Ian "Molly" Meldrum wrote a weekly column for Go-Set from August 1966 until its demise in 1974. His writing style represented his own stream of consciousness and came across in the same "bumbling" manner which was to later be a hallmark of his public persona. His nickname "Molly" was given to him and first published in Go-Set in 1968 by fellow columnist and radio DJ Stan Rofe. Both Meldrum's and Rofe's columns contained many camp in jokes. Meldrum became editor of a monthly Go-Set offshoot, Gas, which was aimed at younger teen girls and was first published in October 1968 with a feature on The Monkees; its last issue was in March 1971.

Nimmervoll, an architecture student, started with Go-Set as the compiler of the national Top 40 charts, beginning in February 1967. He then wrote feature stories and record reviews, and in December 1969 began editing Go-Sets counter-culture supplement, Core, which was influenced by the US magazine Rolling Stone.

Founders, Schauble and Beard had left by February 1969 and Frazer became editor and publisher; Jon Hawkes joined as co-editor in April. Frazer launched two monthly counter-culture magazines, Revolution, which lasted from 1 May 1970 - 1 August 1971, and High Times, co-founded with Macy McFarland and Pat Woolley, which published August 1971 - 1 January 1972. Frazer left Go-Set in February 1972 (after Waverley Press took control of the company) and founded The Digger in September 1972. Frazer also launched the Australian edition of Rolling Stone magazine first as a supplement in the fourth issue of Revolution, then as a fully-fledged magazine in early 1972. Frazer left Rolling Stone Australia in 1974 but continued with The Digger until December 1975, after which he moved to United States.

Go-Set reached its peak in circulation, with 72,000 copies per week, in June to December 1970. After Frazer left as editor in 1972 to concentrate on The Digger, Piotre Olszewski was editor from May to July before Nimmervoll took over with Meldrum as co-editor. Nimmervoll remained until December 1973 when Sungravure Ltd bought Go-Set and relocated its headquarters to Sydney.

===Last edition and beyond: 1974-current===
In December 1973, Nimmervoll left Go-Set and founded Juke Magazine in 1975. Subsequently, he established Take 40 Australia and, since 2000, he has edited HowlSpace, a website detailing Australian rock music history. He is also an author of books on the same subject.

By January 1974, Go-Set was sold to Sungravure Ltd (part of the Fairfax company), with Jenny Irvine as editor.

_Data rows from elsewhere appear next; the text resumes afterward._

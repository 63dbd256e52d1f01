// The calls of an outline that stand in no other call.
ghost use Rattle.std.specs.Prelude.{◌≡◌, ◌+◌, ◌++◌, map, IfOk, OnOk};
ghost use Rattle.operator_faults.specs.Sketches.{of_operator};
ghost use Rattle.written_sizes.specs.Arithmetic.{capped};
ghost use Rattle.written_sizes.specs.Replaced.{replaced};
ghost use Rattle.written_sizes.specs.Outermost as meant;

use crate::form::{Share, Tables};
use crate::measure::{Measure, add};
use crate::sizes::{own_expressions, own_levels};
use crate::weights::{forms_of, weight};
use operator_faults::{Outline, What};
use sqlite_items::Items;
use std::alloc::{AllocError, Global};
use vtl_syntax::DefinedOperator;
use vtl_values::Place;

/// A call that stands in no other: how many levels stand above it, and how many levels and expressions its replacement
/// has; none of them is more than one beyond the limit.
#[derive(Clone, Copy)]
pub struct Outermost {
    pub place: Place,
    pub above: u64,
    pub levels: u64,
    pub expressions: u64,
}

/// The outermost calls in some outlines, and how many expressions stand outside them, but no more than one beyond the
/// limit.
#[derive(Drop)]
pub struct Calls {
    pub outside: u64,
    pub calls: Items<Outermost>,
}

const LEVELS: u64 = 65;

/// The forms of all operators, of which `bodies` are the outlines of their bodies, or want of memory.
pub(crate) fn tables_of(
    alloc: Global,
    operators: &[DefinedOperator],
    bodies: &[Outline],
) -> Result<Tables, AllocError>
    requires { bodies.now ≡ map of_operator operators.now }
    ensures { IfOk result (λ tables. tables ≡ meant.tables_of operators.now) }
{
    Ok(Tables {
        expressions: forms_of(alloc, Measure::Expressions, operators, bodies)?,
        levels: forms_of(alloc, Measure::Levels, operators, bodies)?,
    })
}

/// How many expressions the outline has once its calls are replaced.
fn expressions_of(operators: &[DefinedOperator], tables: &Tables, outline: &Outline) -> u64
    requires { tables.now ≡ meant.tables_of operators.now }
    ensures { result ≡ meant.told_expressions operators.now outline.now }
{
    let forms = tables.expressions.as_slice();
    weight(
        Measure::Expressions,
        operators,
        forms,
        &[],
        Share::Own,
        outline,
    )
}

/// How many levels the outline has once its calls are replaced.
fn levels_of(operators: &[DefinedOperator], tables: &Tables, outline: &Outline) -> u64
    requires { tables.now ≡ meant.tables_of operators.now }
    ensures { result ≡ meant.told_levels operators.now outline.now }
{
    let forms = tables.levels.as_slice();
    weight(Measure::Levels, operators, forms, &[], Share::Own, outline).saturating_sub(1)
}

/// Puts how many levels each outline has once its calls are replaced, but no more than one beyond the limit.
pub(crate) fn put_levels(
    operators: &[DefinedOperator],
    tables: &Tables,
    outlines: &[Outline],
    out: &mut Items<u64>,
) -> Result<(), AllocError>
    requires { tables.now ≡ meant.tables_of operators.now }
    ensures { OnOk result (out.new ≡ out.old ++ map (meant.told_levels operators.now) outlines.now) }
{
    for outline in outlines {
        out.push(levels_of(operators, tables, outline))?;
    }
    Ok(())
}

/// The same for expressions.
pub(crate) fn put_expressions(
    operators: &[DefinedOperator],
    tables: &Tables,
    outlines: &[Outline],
    out: &mut Items<u64>,
) -> Result<(), AllocError>
    requires { tables.now ≡ meant.tables_of operators.now }
    ensures { OnOk result (out.new ≡ out.old ++ map (meant.told_expressions operators.now) outlines.now) }
{
    for outline in outlines {
        out.push(expressions_of(operators, tables, outline))?;
    }
    Ok(())
}

/// The levels above what stands below it.
fn raised(above: u64, what: &What) -> u64
    ensures { result ≡ meant.raised above what.now }
{
    above.saturating_add(own_levels(what)).min(LEVELS)
}

/// The call that stands at the top of the outline.
fn outermost_call(
    operators: &[DefinedOperator],
    tables: &Tables,
    above: u64,
    place: Place,
    outline: &Outline,
) -> Outermost
    requires { tables.now ≡ meant.tables_of operators.now }
    ensures { result ≡ meant.told (meant.outermost_call place (replaced operators.now outline.now) above) }
{
    Outermost {
        place,
        above,
        levels: levels_of(operators, tables, outline),
        expressions: expressions_of(operators, tables, outline),
    }
}

/// Puts the outermost calls of the outline after those that are there, and tells how many expressions stand outside them,
/// or want of memory. It costs the outline's size.
#[cycle(see)]
fn put_calls(
    operators: &[DefinedOperator],
    tables: &Tables,
    above: u64,
    outline: &Outline,
    out: &mut Items<Outermost>,
) -> Result<u64, AllocError>
    requires { tables.now ≡ meant.tables_of operators.now }
    ensures outside { IfOk result (λ n. n ≡ capped Measure.Expressions (meant.seen operators.now outline.now).outside) }
    ensures calls { OnOk result (out.new ≡ out.old ++ map meant.told ((meant.seen operators.now outline.now).calls above)) }
{
    match &outline.what {
        What::Name(_) => Ok(1),
        What::Call(call) => {
            out.push(outermost_call(operators, tables, above, call.place, outline))?;
            Ok(0)
        }
        What::Plain => put_within(operators, tables, above, outline, out),
        What::Level => put_within(operators, tables, above, outline, out),
        What::Inside => put_within(operators, tables, above, outline, out),
        What::InsideJoin => put_within(operators, tables, above, outline, out),
    }
}

/// The same for one that is no call itself.
#[cycle(see)]
fn put_within(
    operators: &[DefinedOperator],
    tables: &Tables,
    above: u64,
    outline: &Outline,
    out: &mut Items<Outermost>,
) -> Result<u64, AllocError>
    requires { tables.now ≡ meant.tables_of operators.now }
    ensures outside { IfOk result (λ n. n ≡ capped Measure.Expressions (meant.outside_within operators.now outline.now)) }
    ensures calls { OnOk result (out.new ≡ out.old ++ map meant.told (meant.calls_within operators.now above outline.now)) }
{
    let below = raised(above, &outline.what);
    let own = own_expressions(&outline.what);
    put_all(operators, tables, below, own, outline.parts.as_slice(), out)
}

/// The same for each outline, where so many expressions are counted already.
#[cycle(see)]
fn put_all(
    operators: &[DefinedOperator],
    tables: &Tables,
    above: u64,
    own: u64,
    outlines: &[Outline],
    out: &mut Items<Outermost>,
) -> Result<u64, AllocError>
    requires { tables.now ≡ meant.tables_of operators.now }
    ensures outside { IfOk result (λ n. n ≡ capped Measure.Expressions (own + meant.outside_in operators.now outlines.now)) }
    ensures calls { OnOk result (out.new ≡ out.old ++ meant.told_calls operators.now above outlines.now) }
{
    let mut total = add(Measure::Expressions, own, 0);
    for outline in outlines {
        let outside = put_calls(operators, tables, above, outline, out)?;
        total = add(Measure::Expressions, total, outside);
    }
    Ok(total)
}

/// The outermost calls in the outlines, or want of memory.
pub(crate) fn calls_of(
    alloc: Global,
    operators: &[DefinedOperator],
    tables: &Tables,
    outlines: &[Outline],
) -> Result<Calls, AllocError>
    requires { tables.now ≡ meant.tables_of operators.now }
    ensures { IfOk result (λ calls. calls ≡ meant.told_in operators.now outlines.now) }
{
    let mut calls = Items::new(alloc);
    let outside = put_all(operators, tables, 0, 0, outlines, &mut calls)?;
    Ok(Calls { outside, calls })
}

Reprints from UK and US papers replaced staff writing during 1973 and 1974. Sungravure was taken over by IPC Magazines, after which Go-Sets circulation declined with the final issue being on 24 August 1974.

Meldrum remained to the last issue and became an integral part of Australian Broadcasting Corporation TV pop music series Countdown, which began broadcasting nationally in November 1974. He initially worked behind the scenes as a "Talent Co-ordinator" but, from 1975, he became an on-screen host and developed a news and gossip segment titled Humdrum. Countdown re-united Meldrum with Grant Rule from his Kommotion days. After Countdown ended in 1987, Meldrum continued his music commentary for various TV shows, including Hey Hey Its Saturday.

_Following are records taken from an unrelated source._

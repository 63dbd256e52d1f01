// Code lists.
ghost use Rattle.std.specs.Prelude.{◌≡◌, ◌≢◌, ◌∷◌, [], ◌++◌, true, false, AllPairs, IfOk, MatchOption};
ghost use Rattle.std.specs.List.{list_any};
ghost use Rattle.vtl_values.specs.Texts.{same_text};

use crate::word::Word;
use sqlite_items::Items;
use std::alloc::{AllocError, Global};
use std::collections::HashSet;
use std::marker::Model;
use std::sync::Arc;

/// Codes that are listed one after the other, each once. Contracts see the list of them.
#[derive(Debug, Drop)]
pub struct NewCodes {
    in_order: Items<Word>,
    known: HashSet<Word>,
}

impl Model for NewCodes {
    ghost use Rattle.std.specs.Prelude.{List, ℕ};
    ghost use Rattle.vtl_values.specs.Codes.{AreKnown};

    ghost Value = { List (List ℕ) };

    ghost view = { λ c. c.in_order };

    ghost invariant = { λ c. AreKnown c.in_order c.known };
}

impl NewCodes {
    /// No codes.
    pub fn new(alloc: Global) -> NewCodes
        ensures { result ≡ [] }
    {
        NewCodes {
            in_order: Items::new(alloc),
            known: HashSet::new(alloc),
        }
    }

    /// With this code at the end, or none where it stands already. Or want of memory. Its time doesn't grow with the
    /// list.
    pub fn with(self, code: Word) -> Result<Option<NewCodes>, AllocError>
        ensures { IfOk result (λ more. MatchOption more (list_any (same_text code) self ≡ true) (λ codes. (codes ≡ self ++ code ∷ []) × (list_any (same_text code) self ≡ false))) }
    {
        let NewCodes {
            mut in_order,
            mut known,
        } = self;
        let listed = code.copy()?;
        if !known.insert(code)? {
            return Ok(None);
        }
        in_order.push(listed)?;
        Ok(Some(NewCodes { in_order, known }))
    }
}

/// The codes that a component may have, each once; those of a viral attribute stand by rising rank. Contracts see the
/// list of them. Copies share the codes.
#[derive(Debug)]
pub struct CodeList {
    codes: Arc<NewCodes>,
}

// Written out, so that who drops one calls this and doesn't go through what is in it.
impl Drop for CodeList {
    fn drop(self) {
        let CodeList { codes: _ } = self;
    }
}

impl Model for CodeList {
    ghost use Rattle.std.specs.Prelude.{List, ℕ};
    ghost use Rattle.std.specs.Arc.{arc_value};

    ghost Value = { List (List ℕ) };

    ghost view = { λ c. arc_value c.codes };
}

impl CodeList {
    /// The list of these codes, or want of memory.
    pub fn of(alloc: Global, codes: NewCodes) -> Result<CodeList, AllocError>
        ensures { IfOk result (λ list. list ≡ codes) }
    {
        Ok(CodeList {
            codes: Arc::new(alloc, codes)?,
        })
    }

    /// An equal list, which shares the codes, or want of memory.
    pub fn copy(&self) -> Result<CodeList, AllocError>
        ensures { IfOk result (λ list. list ≡ self.now) }
    {
        Ok(CodeList {
            codes: self.codes.clone()?,
        })
    }

    /// Whether the text is one of the codes, in a time that doesn't grow with the list.
    pub fn contains(&self, text: &Word) -> bool
        ensures { result ≡ list_any (same_text text.now) self.now }
    {
        self.codes.known.contains(text)
    }

    /// The codes in their order. They differ.
    pub fn as_slice(&self) -> &[Word]
        ensures codes { result.now ≡ self.now }
        ensures differ { AllPairs (λ a b. a ≢ b) self.now }
    {
        self.codes.in_order.as_slice()
    }
}
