// What a call of an operator weighs, from the weights of its arguments.

use sqlite_items::Items;

/// What a call weighs: so much of its own, and of each argument so many times its weight.
#[derive(Drop)]
pub struct Form {
    pub own: u64,
    pub times: Items<u64>,
}

/// A part of a form: its own weight, or how many times the argument with that number counts.
#[derive(Clone, Copy, PartialEq, Eq)]
pub enum Share {
    Own,
    Of(usize),
}

/// The forms of all operators, for the expressions and for the levels of what calls become.
#[derive(Drop)]
pub struct Tables {
    pub expressions: Items<Form>,
    pub levels: Items<Form>,
}
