// Values.
ghost use Rattle.std.specs.Prelude.{◌≡◌, IfOk};

use crate::number::{Decimal, Integer};
use crate::word::Word;
use std::alloc::AllocError;
use std::cmp::Ordering;

/// A value of a component. Null belongs to every kind.
#[derive(Debug, Drop, PartialEq, Eq, PartialOrd, Ord)]
pub enum Value {
    Null,
    Truth(bool),
    Integer(Integer),
    Number(Decimal),
    Text(Word),
}

impl Value {
    ghost use Rattle.vtl_values.specs.Order.{value_cmp};

    /// An equal value, or want of memory.
    pub fn copy(&self) -> Result<Value, AllocError>
        ensures { IfOk result (λ value. value ≡ self.now) }
    {
        Ok(match self {
            Value::Null => Value::Null,
            Value::Truth(truth) => Value::Truth(*truth),
            Value::Integer(integer) => Value::Integer(*integer),
            Value::Number(number) => Value::Number(*number),
            Value::Text(word) => Value::Text(word.copy()?),
        })
    }

    /// The total order of values: null, false, true, integers, numbers, and texts by their bytes.
    pub fn order(&self, other: &Value) -> Ordering
        ensures { result ≡ value_cmp self.now other.now }
    {
        self.cmp(other)
    }
}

Frazer has edited and managed political magazines in America and, with Jim Hightower, published The Hightower Lowdown, a progressive political newsletter, from 1999 through 2013, after which he returned to Australia.

In 2012, Brett published Lola Bensky, her sixth novel, a semi-autobiographical work of fiction based on her experiences as a writer for Go-Set. The book was long-listed for the Miles Franklin Literary Award, and won the 2014 Prix Medicis étranger in France.

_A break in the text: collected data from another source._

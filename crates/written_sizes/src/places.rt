// Where the expressions of a script stand that have outlines.
ghost use Rattle.std.specs.Prelude.{◌≡◌, ◌++◌, map, IfOk, OnOk};
ghost use Rattle.std.specs.List.{flat_map};
ghost use Rattle.written_sizes.specs.Places as meant;

use sqlite_items::Items;
use std::alloc::{AllocError, Global};
use vtl_syntax::{DatapointRule, Expr, HierarchyRule, Ruleset, Script, Statement};
use vtl_values::Place;

/// The places of the statements, and then those of the expressions in rulesets, or want of memory.
pub(crate) fn places_of(alloc: Global, script: &Script) -> Result<Items<Place>, AllocError>
    ensures { IfOk result (λ places. places ≡ meant.places_of script.now) }
{
    let mut places = Items::new(alloc);
    put_statements(script.statements.as_slice(), &mut places)?;
    put_rulesets(script.rulesets.as_slice(), &mut places)?;
    Ok(places)
}

fn put_statements(statements: &[Statement], out: &mut Items<Place>) -> Result<(), AllocError>
    ensures { OnOk result (out.new ≡ out.old ++ map meant.of_statement statements.now) }
{
    for statement in statements {
        out.push(statement.place)?;
    }
    Ok(())
}

fn put_rulesets(rulesets: &[Ruleset], out: &mut Items<Place>) -> Result<(), AllocError>
    ensures { OnOk result (out.new ≡ out.old ++ flat_map meant.of_ruleset rulesets.now) }
{
    for ruleset in rulesets {
        match ruleset {
            Ruleset::Datapoint(rules) => put_datapoint(rules.rules.as_slice(), out)?,
            Ruleset::Hierarchy(rules) => put_hierarchy(rules.rules.as_slice(), out)?,
        }
    }
    Ok(())
}

fn put_datapoint(rules: &[DatapointRule], out: &mut Items<Place>) -> Result<(), AllocError>
    ensures { OnOk result (out.new ≡ out.old ++ flat_map meant.of_datapoint rules.now) }
{
    for rule in rules {
        put_condition(rule.place, &rule.condition, out)?;
        out.push(rule.place)?;
    }
    Ok(())
}

fn put_hierarchy(rules: &[HierarchyRule], out: &mut Items<Place>) -> Result<(), AllocError>
    ensures { OnOk result (out.new ≡ out.old ++ flat_map meant.of_hierarchy rules.now) }
{
    for rule in rules {
        put_condition(rule.place, &rule.condition, out)?;
    }
    Ok(())
}

/// The place, if there is a condition.
fn put_condition(
    place: Place,
    condition: &Option<Expr>,
    out: &mut Items<Place>,
) -> Result<(), AllocError>
    ensures { OnOk result (out.new ≡ out.old ++ meant.of_condition place condition.now) }
{
    match condition {
        Some(_) => out.push(place),
        None => Ok(()),
    }
}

==Go-Set Australian national charts==
From March 1966, Go-Set published radio station 3UZ's Top 40 singles for Melbourne and 2SM's King 40 for Sydney. A national Top 40 chart appeared on 5 October 1966 alongside top 15s from 2SM, 3UZ, 4BC in Brisbane, 5AD in Adelaide and 6KY in Perth. In February 1967, Ed Nimmervoll compiled the national chart, with commentary and statistics. The newspaper began publishing Australia's first national weekly album chart on 23 May 1970.

In May 1974, the first Kent Music Report was published by David Kent, which became Australia's official national charts. The Kent Music Report appeared just before the last Go-Set charts were published on 24 August 1974.